#### Problem statement
Scan the entries below for the word "AreFilesWithinLimits" and copy every line in which it occurs.

#### Information given

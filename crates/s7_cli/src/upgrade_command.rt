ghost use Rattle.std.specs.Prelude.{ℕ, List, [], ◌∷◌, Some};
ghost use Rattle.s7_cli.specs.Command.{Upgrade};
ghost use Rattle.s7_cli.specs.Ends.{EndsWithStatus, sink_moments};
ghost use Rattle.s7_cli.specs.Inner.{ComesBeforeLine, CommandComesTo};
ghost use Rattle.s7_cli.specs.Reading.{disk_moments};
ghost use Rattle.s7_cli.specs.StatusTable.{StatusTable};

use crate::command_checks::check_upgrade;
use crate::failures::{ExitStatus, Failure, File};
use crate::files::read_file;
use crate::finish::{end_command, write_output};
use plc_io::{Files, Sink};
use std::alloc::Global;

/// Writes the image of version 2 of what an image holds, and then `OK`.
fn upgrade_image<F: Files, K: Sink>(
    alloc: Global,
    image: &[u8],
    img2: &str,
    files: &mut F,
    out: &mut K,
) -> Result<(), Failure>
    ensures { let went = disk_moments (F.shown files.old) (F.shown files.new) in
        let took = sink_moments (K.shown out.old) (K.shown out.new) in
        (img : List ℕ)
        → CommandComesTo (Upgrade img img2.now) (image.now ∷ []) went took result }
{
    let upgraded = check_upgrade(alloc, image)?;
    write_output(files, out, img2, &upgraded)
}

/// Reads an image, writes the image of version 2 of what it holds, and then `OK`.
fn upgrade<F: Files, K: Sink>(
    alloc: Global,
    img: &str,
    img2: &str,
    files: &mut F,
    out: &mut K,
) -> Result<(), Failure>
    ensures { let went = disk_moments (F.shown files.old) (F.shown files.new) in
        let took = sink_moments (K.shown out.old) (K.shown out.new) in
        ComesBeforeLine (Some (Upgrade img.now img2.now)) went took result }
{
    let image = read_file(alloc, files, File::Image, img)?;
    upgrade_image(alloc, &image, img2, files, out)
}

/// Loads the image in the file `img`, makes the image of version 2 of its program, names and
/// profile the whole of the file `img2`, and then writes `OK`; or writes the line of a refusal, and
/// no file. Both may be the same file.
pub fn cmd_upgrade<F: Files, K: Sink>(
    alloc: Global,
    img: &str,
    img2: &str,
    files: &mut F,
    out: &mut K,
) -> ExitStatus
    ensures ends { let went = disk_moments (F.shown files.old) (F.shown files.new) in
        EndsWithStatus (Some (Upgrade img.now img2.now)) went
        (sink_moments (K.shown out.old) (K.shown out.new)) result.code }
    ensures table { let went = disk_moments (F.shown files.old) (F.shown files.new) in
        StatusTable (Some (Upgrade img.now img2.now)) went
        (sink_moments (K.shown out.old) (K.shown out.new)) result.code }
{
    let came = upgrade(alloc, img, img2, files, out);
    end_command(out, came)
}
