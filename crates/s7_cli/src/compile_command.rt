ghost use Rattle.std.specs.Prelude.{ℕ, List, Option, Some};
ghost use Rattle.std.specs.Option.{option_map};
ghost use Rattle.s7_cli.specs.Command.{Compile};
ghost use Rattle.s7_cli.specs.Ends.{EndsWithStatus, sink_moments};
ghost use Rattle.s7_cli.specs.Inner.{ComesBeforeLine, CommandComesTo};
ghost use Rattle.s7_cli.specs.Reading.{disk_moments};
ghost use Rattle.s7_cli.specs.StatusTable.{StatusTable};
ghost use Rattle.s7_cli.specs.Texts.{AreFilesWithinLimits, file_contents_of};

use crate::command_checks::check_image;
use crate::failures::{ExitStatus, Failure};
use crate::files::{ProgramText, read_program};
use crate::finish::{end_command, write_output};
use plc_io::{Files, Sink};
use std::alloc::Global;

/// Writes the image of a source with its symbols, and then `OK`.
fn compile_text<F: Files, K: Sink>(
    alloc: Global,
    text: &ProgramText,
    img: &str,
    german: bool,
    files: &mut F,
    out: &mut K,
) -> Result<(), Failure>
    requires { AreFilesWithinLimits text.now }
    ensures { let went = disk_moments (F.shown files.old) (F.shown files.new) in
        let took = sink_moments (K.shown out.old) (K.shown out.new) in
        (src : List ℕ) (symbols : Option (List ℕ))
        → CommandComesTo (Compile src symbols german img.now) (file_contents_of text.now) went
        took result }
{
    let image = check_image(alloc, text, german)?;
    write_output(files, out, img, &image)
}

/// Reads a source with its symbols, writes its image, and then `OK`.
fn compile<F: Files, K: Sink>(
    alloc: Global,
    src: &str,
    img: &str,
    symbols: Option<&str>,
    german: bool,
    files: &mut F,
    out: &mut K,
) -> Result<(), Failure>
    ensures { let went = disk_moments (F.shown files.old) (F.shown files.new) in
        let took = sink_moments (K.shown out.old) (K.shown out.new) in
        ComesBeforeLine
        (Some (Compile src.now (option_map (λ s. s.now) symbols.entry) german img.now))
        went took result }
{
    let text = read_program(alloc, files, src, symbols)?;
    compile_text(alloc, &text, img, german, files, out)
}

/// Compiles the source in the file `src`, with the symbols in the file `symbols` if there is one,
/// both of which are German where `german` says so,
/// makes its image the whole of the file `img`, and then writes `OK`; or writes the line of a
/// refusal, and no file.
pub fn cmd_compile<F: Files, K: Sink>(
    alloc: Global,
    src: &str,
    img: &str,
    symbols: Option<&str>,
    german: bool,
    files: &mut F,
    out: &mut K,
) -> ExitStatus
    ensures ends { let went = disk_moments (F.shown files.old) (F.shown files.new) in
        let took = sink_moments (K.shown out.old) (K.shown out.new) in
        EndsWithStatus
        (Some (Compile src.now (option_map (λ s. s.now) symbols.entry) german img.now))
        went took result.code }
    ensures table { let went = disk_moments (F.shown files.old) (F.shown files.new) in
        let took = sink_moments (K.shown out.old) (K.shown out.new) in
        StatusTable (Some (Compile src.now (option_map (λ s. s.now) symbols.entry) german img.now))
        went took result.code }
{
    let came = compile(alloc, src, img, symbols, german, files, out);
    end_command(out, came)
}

#### Exercise output
ghost use Rattle.s7_cli.specs.Texts.{AreFilesWithinLimits, file_contents_of};
    requires { AreFilesWithinLimits text.now }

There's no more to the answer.